Stored data
######

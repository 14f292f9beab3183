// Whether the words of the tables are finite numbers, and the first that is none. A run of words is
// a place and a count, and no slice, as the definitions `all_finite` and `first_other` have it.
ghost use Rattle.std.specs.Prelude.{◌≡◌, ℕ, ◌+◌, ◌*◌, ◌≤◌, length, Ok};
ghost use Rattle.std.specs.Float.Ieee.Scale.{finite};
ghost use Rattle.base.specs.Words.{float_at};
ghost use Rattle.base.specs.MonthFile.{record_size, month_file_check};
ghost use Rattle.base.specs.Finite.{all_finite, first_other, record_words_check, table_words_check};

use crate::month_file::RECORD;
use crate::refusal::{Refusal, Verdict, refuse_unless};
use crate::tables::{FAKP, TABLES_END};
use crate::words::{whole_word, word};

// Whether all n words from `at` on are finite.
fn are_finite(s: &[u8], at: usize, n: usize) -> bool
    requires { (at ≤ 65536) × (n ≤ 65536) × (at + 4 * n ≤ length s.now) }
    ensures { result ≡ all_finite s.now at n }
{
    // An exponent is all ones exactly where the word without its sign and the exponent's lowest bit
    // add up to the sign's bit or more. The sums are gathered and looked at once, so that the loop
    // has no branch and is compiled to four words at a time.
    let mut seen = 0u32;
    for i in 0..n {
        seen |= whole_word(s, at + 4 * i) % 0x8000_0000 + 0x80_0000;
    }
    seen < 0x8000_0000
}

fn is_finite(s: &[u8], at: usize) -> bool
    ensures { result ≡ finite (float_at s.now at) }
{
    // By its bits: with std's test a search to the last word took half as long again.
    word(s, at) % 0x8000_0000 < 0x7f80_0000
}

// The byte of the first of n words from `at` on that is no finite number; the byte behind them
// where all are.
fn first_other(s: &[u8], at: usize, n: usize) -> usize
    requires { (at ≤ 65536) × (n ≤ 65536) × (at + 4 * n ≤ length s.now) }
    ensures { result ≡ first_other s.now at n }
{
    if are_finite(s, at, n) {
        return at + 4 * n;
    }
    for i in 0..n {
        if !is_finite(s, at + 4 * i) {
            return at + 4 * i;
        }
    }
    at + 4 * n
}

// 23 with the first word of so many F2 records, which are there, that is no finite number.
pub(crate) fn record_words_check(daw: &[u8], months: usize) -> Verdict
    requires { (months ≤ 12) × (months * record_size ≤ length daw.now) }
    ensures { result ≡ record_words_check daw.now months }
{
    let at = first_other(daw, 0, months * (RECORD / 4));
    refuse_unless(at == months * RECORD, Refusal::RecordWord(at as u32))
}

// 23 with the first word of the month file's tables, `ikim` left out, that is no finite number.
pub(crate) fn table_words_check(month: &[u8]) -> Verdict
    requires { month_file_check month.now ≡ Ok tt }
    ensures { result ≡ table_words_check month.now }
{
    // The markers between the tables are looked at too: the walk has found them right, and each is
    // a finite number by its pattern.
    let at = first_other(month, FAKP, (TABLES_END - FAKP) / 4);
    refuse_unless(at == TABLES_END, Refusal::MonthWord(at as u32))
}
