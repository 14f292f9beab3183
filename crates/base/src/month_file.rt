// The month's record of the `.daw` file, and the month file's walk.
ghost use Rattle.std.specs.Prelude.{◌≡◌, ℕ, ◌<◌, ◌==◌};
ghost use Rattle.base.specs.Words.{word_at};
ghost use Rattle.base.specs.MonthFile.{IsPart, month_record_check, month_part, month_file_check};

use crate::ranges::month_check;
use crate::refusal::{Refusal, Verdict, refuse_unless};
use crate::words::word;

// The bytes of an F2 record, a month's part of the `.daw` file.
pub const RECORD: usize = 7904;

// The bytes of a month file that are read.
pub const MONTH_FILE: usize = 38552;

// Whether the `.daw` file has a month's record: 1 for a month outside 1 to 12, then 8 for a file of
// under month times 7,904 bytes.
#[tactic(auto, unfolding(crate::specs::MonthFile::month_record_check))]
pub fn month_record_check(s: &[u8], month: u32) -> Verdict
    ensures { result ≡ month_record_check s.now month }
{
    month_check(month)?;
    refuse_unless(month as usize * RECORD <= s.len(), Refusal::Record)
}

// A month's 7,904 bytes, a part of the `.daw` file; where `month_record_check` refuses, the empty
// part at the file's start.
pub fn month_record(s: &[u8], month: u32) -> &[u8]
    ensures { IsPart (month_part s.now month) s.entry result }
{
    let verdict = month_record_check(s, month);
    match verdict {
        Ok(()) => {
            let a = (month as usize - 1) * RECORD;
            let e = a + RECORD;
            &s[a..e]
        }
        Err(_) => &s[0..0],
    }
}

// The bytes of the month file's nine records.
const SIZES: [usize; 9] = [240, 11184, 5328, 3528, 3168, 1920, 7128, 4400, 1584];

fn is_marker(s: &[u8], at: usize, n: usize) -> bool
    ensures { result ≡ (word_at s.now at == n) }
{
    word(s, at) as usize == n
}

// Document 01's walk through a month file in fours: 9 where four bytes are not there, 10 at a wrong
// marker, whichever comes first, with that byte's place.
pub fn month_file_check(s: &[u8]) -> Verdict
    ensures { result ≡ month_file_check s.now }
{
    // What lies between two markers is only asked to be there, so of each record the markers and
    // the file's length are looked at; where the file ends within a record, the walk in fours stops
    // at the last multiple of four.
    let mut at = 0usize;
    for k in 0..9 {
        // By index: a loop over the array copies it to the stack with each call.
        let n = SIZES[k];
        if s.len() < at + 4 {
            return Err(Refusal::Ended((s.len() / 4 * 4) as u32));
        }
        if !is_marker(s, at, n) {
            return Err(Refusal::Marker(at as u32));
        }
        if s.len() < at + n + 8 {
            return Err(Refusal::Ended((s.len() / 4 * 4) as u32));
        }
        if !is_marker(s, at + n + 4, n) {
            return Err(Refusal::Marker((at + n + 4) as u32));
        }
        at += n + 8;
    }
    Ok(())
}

######

● YOUR INSTRUCTIONS
From the data above, output only the lines between the line containing "word(s, at) % 0x8000_0000 < 0x7f80_0000" and the line containing "let at = first_other(daw, 0, months", inclusive, exactly as written.

● WRITTEN ANSWER
    word(s, at) % 0x8000_0000 < 0x7f80_0000
}

// The byte of the first of n words from `at` on that is no finite number; the byte behind them
// where all are.
fn first_other(s: &[u8], at: usize, n: usize) -> usize
    requires { (at ≤ 65536) × (n ≤ 65536) × (at + 4 * n ≤ length s.now) }
    ensures { result ≡ first_other s.now at n }
{
    if are_finite(s, at, n) {
        return at + 4 * n;
    }
    for i in 0..n {
        if !is_finite(s, at + 4 * i) {
            return at + 4 * i;
        }
    }
    at + 4 * n
}

// 23 with the first word of so many F2 records, which are there, that is no finite number.
pub(crate) fn record_words_check(daw: &[u8], months: usize) -> Verdict
    requires { (months ≤ 12) × (months * record_size ≤ length daw.now) }
    ensures { result ≡ record_words_check daw.now months }
{
    let at = first_other(daw, 0, months * (RECORD / 4));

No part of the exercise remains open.